**EXERCISE:**
Write out, word for word, every line in the data below from the one containing "add_preds(alloc, text, &record.preds())?;" to the one containing "add_reads(alloc, text, record.reads())?;", both of them included.

── DATA SECTION

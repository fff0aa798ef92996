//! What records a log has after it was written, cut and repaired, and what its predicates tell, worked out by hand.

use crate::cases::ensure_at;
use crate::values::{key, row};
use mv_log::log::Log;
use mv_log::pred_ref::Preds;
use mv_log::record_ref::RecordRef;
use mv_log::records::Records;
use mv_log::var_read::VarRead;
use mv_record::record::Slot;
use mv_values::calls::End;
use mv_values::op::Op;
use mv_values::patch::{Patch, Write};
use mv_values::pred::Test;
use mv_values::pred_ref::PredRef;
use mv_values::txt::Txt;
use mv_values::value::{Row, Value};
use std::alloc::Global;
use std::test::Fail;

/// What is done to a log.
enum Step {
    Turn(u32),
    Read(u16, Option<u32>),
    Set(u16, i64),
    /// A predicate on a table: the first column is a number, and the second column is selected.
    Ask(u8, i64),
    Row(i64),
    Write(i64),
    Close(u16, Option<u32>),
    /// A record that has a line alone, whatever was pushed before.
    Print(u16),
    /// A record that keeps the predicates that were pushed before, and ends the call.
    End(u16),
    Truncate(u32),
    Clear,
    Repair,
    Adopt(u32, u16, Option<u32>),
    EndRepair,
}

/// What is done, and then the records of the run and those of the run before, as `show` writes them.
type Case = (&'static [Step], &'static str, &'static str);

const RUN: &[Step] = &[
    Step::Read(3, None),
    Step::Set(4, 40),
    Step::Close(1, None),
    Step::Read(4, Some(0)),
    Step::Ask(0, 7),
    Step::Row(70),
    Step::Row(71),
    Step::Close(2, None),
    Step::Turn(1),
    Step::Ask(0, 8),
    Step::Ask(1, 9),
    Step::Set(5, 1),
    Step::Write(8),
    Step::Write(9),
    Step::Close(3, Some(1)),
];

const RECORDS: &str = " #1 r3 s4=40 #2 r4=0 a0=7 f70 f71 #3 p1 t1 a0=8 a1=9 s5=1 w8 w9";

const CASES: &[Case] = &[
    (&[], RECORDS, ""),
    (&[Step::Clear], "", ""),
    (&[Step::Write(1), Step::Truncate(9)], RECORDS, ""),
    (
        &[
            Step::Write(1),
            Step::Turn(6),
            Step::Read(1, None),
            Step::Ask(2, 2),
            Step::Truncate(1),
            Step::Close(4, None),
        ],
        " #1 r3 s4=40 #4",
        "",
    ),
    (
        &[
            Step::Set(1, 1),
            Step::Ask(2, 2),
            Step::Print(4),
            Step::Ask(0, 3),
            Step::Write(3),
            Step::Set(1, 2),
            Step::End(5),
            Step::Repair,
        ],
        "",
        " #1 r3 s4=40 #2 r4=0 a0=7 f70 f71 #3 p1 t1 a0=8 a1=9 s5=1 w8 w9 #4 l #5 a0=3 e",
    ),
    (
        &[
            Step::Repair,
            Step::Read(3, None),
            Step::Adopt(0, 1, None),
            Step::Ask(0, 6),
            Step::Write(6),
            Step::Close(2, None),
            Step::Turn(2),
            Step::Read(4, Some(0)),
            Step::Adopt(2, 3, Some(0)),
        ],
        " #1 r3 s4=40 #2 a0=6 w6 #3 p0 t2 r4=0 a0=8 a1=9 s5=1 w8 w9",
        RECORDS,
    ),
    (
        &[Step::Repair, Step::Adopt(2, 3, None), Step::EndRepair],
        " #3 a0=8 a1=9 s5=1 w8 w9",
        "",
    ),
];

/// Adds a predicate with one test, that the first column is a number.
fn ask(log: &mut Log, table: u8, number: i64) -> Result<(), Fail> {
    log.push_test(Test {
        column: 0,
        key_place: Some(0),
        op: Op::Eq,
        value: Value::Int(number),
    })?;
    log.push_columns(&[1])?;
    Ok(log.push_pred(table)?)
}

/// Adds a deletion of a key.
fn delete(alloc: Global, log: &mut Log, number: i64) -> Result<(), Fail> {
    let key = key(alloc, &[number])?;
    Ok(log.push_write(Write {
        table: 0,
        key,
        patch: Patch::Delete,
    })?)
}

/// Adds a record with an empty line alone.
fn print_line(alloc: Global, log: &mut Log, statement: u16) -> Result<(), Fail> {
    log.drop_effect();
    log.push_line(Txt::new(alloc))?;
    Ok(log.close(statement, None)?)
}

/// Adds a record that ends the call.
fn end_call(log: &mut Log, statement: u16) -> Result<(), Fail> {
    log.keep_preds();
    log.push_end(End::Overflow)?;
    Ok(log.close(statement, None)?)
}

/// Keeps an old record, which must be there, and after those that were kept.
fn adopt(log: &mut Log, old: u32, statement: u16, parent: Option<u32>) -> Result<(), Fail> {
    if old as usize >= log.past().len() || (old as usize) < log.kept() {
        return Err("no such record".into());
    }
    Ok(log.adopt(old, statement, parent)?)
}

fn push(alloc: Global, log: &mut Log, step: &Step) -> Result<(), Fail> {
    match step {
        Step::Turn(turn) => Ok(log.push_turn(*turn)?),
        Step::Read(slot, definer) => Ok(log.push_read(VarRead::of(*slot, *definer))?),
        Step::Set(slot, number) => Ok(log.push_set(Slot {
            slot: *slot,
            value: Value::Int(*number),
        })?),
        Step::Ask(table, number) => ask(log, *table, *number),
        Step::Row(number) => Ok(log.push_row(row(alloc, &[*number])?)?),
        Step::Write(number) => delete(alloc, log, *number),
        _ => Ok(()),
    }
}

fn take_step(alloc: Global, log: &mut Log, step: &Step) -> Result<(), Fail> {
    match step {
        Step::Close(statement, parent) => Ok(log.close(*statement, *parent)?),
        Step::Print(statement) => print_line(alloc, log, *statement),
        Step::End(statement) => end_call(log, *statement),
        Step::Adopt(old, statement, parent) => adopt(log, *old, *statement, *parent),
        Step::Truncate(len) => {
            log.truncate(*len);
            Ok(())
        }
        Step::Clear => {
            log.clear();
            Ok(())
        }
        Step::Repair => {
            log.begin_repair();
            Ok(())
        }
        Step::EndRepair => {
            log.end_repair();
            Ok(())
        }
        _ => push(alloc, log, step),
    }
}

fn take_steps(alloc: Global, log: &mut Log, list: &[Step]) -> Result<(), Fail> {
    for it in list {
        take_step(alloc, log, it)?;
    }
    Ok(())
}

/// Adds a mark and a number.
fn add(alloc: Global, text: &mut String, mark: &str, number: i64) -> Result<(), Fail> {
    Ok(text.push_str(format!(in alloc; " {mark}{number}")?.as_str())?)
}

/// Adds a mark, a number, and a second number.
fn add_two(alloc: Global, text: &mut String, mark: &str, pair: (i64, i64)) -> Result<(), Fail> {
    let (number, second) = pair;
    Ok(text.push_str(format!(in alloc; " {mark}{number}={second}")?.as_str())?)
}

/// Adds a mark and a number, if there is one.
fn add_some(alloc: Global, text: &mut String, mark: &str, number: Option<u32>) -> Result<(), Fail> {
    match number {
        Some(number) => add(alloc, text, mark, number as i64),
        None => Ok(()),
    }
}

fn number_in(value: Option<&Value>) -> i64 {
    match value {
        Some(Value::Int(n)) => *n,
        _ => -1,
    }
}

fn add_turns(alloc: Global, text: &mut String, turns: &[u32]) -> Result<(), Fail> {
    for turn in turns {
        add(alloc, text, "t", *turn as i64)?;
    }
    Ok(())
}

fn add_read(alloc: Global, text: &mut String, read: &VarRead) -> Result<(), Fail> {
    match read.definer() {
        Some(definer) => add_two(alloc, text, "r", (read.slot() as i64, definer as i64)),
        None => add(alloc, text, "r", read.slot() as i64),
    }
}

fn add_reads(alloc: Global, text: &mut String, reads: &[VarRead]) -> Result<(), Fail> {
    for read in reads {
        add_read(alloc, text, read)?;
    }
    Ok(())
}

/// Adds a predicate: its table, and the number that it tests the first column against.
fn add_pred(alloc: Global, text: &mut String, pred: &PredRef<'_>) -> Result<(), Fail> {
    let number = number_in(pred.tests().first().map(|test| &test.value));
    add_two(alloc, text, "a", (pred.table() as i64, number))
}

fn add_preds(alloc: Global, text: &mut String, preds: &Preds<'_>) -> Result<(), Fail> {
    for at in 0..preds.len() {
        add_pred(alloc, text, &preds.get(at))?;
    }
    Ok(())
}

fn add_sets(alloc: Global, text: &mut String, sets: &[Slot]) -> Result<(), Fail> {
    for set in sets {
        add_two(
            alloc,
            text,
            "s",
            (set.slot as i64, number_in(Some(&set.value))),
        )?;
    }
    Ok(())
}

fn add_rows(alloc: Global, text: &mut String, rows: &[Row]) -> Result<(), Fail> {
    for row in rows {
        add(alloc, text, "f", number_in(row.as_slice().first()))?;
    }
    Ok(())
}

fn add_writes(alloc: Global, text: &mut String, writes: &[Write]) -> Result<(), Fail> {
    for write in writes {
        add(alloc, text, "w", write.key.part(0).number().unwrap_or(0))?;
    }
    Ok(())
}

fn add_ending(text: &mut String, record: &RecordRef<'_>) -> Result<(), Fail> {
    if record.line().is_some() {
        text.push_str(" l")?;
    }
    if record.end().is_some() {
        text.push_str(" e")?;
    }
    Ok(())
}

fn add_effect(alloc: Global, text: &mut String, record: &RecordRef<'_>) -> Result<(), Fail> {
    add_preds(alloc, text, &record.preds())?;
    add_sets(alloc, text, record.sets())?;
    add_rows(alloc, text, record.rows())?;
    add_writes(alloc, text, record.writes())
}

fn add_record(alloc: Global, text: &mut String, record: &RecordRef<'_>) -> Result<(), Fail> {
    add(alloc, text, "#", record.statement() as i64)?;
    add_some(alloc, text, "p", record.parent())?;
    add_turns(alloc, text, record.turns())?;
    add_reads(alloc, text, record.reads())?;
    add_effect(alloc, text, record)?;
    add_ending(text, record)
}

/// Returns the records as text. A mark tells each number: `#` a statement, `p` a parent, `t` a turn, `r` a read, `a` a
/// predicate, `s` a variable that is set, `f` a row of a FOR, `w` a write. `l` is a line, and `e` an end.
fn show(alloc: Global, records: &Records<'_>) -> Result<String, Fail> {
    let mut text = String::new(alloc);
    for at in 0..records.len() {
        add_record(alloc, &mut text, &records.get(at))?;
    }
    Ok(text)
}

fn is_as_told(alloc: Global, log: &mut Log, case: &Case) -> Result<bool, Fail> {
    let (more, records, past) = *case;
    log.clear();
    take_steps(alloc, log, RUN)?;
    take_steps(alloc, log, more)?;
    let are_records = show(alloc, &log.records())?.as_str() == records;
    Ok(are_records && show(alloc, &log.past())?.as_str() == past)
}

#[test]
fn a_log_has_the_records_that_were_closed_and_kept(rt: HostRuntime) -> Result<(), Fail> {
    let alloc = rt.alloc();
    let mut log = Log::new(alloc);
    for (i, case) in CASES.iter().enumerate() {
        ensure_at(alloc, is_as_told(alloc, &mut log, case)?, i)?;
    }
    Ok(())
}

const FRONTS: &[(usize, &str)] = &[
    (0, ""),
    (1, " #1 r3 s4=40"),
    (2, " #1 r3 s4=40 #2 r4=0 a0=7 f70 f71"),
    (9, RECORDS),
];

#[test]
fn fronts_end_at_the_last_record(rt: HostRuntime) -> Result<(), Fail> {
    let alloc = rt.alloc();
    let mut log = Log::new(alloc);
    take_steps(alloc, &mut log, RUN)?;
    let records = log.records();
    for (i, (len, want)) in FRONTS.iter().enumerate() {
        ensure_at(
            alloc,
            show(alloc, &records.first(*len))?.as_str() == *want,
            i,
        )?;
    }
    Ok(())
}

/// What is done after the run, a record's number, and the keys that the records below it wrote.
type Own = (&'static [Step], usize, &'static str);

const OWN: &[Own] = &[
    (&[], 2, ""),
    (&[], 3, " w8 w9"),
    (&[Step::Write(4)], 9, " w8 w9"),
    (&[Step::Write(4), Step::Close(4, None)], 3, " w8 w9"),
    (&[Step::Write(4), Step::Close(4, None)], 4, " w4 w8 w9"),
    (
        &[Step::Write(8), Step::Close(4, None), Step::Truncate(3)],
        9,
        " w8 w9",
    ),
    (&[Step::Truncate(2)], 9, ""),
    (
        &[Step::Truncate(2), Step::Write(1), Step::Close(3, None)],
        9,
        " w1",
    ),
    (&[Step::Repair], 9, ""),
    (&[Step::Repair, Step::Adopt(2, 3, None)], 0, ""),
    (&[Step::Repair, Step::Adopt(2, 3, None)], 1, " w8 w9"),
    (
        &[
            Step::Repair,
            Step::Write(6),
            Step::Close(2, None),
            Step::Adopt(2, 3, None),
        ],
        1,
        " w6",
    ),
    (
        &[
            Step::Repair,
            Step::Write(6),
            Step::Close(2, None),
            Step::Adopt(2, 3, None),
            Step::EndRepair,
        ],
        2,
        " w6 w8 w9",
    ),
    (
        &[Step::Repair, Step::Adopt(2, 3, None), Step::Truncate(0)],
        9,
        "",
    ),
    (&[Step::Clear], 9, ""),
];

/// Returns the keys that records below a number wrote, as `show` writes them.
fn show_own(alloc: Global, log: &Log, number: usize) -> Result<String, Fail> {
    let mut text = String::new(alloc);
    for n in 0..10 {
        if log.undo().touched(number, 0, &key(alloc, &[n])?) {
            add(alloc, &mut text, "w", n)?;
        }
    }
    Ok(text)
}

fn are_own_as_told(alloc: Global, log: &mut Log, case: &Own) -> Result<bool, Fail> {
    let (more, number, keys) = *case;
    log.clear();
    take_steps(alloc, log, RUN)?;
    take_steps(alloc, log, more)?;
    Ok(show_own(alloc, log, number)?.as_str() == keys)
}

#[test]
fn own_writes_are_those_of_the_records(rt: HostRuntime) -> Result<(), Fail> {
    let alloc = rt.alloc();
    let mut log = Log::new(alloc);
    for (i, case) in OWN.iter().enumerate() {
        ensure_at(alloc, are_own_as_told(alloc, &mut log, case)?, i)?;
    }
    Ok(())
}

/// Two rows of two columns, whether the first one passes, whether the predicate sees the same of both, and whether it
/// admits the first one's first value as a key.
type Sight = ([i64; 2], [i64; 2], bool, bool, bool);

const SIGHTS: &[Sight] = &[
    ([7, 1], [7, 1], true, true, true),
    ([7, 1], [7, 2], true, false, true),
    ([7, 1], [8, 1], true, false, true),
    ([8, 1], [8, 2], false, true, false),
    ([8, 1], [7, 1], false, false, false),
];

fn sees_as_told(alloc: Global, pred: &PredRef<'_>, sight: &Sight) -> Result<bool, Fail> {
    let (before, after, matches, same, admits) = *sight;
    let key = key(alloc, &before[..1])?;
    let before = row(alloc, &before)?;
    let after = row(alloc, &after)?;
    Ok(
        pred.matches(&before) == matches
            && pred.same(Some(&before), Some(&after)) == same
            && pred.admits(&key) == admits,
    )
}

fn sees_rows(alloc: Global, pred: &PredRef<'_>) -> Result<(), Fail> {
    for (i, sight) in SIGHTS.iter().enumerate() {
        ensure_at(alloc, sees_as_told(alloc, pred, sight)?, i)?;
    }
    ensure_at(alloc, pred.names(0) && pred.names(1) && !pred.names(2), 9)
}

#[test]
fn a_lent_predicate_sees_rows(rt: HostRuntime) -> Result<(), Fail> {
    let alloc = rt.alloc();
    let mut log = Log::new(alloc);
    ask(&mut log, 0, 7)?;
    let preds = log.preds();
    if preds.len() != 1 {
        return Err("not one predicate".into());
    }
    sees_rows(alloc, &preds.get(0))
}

────
── DATA SECTION

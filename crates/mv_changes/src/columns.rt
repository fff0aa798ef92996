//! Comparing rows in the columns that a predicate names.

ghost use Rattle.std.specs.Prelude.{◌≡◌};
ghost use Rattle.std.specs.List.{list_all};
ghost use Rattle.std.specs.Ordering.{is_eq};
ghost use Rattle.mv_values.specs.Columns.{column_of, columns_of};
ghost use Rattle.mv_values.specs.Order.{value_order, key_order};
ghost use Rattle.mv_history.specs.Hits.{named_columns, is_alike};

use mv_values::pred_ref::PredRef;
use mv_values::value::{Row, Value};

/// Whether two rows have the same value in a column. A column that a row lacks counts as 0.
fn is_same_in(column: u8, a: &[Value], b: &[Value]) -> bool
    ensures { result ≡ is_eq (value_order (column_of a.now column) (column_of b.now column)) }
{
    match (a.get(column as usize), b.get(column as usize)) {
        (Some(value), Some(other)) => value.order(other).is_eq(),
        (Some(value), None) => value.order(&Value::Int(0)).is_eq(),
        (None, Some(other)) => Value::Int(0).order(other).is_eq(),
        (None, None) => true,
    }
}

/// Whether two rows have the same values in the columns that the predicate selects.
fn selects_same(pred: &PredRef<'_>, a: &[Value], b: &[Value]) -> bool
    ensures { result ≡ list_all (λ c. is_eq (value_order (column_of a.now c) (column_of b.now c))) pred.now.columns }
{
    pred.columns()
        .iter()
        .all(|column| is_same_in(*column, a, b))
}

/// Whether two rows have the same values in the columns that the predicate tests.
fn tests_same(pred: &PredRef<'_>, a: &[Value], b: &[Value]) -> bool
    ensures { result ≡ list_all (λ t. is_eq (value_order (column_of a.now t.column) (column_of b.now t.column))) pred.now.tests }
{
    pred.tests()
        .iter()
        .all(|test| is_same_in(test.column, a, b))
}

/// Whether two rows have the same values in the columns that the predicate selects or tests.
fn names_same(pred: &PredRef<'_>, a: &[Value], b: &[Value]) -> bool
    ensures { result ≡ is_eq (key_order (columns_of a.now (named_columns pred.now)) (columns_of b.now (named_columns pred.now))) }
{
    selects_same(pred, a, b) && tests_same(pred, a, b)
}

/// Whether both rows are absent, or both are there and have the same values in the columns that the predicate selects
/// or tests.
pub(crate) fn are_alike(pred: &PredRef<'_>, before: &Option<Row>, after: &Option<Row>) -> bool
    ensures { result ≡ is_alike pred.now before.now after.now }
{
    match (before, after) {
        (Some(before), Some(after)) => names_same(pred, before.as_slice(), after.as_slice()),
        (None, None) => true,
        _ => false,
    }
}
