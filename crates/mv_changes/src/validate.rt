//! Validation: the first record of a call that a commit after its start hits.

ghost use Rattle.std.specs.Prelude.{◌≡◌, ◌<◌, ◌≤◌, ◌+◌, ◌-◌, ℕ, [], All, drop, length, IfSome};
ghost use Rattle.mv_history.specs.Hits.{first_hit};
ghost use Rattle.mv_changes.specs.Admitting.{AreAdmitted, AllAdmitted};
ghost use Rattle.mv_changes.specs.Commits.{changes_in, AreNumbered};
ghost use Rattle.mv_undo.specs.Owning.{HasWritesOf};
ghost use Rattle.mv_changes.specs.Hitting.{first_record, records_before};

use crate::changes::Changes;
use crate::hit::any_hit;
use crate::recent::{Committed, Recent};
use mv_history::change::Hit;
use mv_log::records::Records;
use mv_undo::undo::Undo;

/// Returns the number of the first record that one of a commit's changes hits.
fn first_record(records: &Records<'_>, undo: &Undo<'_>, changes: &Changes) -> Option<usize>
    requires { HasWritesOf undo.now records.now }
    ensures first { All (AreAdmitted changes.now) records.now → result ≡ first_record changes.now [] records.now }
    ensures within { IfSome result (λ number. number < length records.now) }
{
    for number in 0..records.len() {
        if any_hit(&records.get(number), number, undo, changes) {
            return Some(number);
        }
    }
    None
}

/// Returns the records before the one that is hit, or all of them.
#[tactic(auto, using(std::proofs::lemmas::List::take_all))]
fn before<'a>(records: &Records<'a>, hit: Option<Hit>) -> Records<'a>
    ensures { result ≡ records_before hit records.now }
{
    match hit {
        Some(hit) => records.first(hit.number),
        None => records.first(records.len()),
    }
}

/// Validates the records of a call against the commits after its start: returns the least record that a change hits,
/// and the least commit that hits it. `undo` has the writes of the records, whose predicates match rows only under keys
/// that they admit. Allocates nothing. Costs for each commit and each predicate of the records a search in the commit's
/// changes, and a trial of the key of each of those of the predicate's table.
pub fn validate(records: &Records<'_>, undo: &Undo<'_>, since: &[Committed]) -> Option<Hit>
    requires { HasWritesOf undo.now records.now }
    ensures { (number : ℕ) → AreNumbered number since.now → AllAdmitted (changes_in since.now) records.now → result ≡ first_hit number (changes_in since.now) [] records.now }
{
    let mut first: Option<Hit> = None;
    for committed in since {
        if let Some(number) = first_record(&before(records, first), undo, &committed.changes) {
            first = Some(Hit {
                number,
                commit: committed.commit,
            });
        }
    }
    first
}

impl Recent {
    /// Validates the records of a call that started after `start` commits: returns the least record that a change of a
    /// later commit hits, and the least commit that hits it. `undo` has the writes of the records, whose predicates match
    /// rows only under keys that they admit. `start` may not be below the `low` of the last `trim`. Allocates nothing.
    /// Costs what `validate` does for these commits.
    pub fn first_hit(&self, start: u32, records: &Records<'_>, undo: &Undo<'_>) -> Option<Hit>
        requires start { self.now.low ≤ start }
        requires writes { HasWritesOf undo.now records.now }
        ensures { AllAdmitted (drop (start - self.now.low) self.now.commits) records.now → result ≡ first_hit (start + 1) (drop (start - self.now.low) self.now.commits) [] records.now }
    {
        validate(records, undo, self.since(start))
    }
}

────
── DATA SECTION

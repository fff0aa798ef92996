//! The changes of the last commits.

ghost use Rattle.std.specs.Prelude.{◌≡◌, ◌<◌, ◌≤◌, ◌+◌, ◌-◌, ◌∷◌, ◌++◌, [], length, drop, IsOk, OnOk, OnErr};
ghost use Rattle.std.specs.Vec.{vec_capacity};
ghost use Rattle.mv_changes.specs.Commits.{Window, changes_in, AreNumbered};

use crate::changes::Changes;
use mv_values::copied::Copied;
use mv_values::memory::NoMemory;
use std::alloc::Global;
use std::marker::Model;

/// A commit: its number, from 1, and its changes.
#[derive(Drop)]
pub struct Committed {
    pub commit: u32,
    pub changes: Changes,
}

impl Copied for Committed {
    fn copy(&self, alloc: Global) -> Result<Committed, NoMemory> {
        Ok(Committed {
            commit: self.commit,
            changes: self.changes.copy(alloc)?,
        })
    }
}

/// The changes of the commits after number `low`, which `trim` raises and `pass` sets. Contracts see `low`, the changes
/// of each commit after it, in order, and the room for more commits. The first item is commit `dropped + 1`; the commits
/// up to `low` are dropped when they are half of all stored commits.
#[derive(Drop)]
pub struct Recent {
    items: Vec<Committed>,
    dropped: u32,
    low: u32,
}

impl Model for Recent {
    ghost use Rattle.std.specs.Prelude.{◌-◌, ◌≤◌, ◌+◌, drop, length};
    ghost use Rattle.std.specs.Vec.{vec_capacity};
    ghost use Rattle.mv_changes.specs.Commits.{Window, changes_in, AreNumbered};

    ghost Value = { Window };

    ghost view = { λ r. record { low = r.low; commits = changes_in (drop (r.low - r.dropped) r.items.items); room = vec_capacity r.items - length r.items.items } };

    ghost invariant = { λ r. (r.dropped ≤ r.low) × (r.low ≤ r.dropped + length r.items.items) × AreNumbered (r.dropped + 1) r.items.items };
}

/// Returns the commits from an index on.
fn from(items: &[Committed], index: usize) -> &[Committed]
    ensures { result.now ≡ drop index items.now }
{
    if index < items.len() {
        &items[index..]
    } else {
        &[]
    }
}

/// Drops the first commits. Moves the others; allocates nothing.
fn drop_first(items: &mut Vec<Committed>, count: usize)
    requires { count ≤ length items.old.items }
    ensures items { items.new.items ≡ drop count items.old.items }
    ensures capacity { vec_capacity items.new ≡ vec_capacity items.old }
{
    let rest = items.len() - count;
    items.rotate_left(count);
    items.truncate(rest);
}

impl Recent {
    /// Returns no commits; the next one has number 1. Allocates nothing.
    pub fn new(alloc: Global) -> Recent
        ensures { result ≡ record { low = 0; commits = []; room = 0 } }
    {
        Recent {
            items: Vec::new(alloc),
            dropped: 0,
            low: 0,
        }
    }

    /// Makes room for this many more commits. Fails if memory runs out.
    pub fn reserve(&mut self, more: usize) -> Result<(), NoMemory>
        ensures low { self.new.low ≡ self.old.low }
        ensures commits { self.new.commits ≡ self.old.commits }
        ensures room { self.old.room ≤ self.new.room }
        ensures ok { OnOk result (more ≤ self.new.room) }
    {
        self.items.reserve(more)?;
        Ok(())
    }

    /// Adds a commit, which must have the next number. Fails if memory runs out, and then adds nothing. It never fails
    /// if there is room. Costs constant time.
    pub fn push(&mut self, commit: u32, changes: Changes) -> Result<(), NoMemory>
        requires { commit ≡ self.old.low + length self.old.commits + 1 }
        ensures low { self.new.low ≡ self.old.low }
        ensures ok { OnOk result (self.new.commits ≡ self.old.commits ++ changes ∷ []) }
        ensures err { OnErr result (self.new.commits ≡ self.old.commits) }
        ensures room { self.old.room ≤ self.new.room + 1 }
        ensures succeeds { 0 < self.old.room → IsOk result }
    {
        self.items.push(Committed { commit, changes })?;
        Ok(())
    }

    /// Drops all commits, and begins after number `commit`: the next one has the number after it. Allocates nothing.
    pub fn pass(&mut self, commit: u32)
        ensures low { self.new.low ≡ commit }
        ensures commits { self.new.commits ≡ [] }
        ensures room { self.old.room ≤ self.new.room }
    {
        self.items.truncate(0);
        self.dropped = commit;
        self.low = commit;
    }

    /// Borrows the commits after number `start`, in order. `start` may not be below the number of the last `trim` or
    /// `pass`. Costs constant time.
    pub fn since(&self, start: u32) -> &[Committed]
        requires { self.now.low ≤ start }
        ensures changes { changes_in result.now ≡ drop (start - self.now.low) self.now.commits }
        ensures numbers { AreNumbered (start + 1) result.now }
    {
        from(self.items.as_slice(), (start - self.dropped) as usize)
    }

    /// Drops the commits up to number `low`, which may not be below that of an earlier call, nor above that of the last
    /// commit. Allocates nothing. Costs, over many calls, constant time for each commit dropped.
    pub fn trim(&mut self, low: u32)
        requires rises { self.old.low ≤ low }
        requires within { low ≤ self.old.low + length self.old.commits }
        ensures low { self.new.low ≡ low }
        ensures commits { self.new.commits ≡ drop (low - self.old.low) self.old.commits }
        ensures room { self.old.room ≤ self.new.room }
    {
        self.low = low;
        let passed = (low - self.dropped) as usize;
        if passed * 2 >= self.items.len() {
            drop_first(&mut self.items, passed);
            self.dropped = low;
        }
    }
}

────

**OUTPUT FOR THIS EXERCISE:**
    add_preds(alloc, text, &record.preds())?;
    add_sets(alloc, text, record.sets())?;
    add_rows(alloc, text, record.rows())?;
    add_writes(alloc, text, record.writes())
}

fn add_record(alloc: Global, text: &mut String, record: &RecordRef<'_>) -> Result<(), Fail> {
    add(alloc, text, "#", record.statement() as i64)?;
    add_some(alloc, text, "p", record.parent())?;
    add_turns(alloc, text, record.turns())?;
    add_reads(alloc, text, record.reads())?;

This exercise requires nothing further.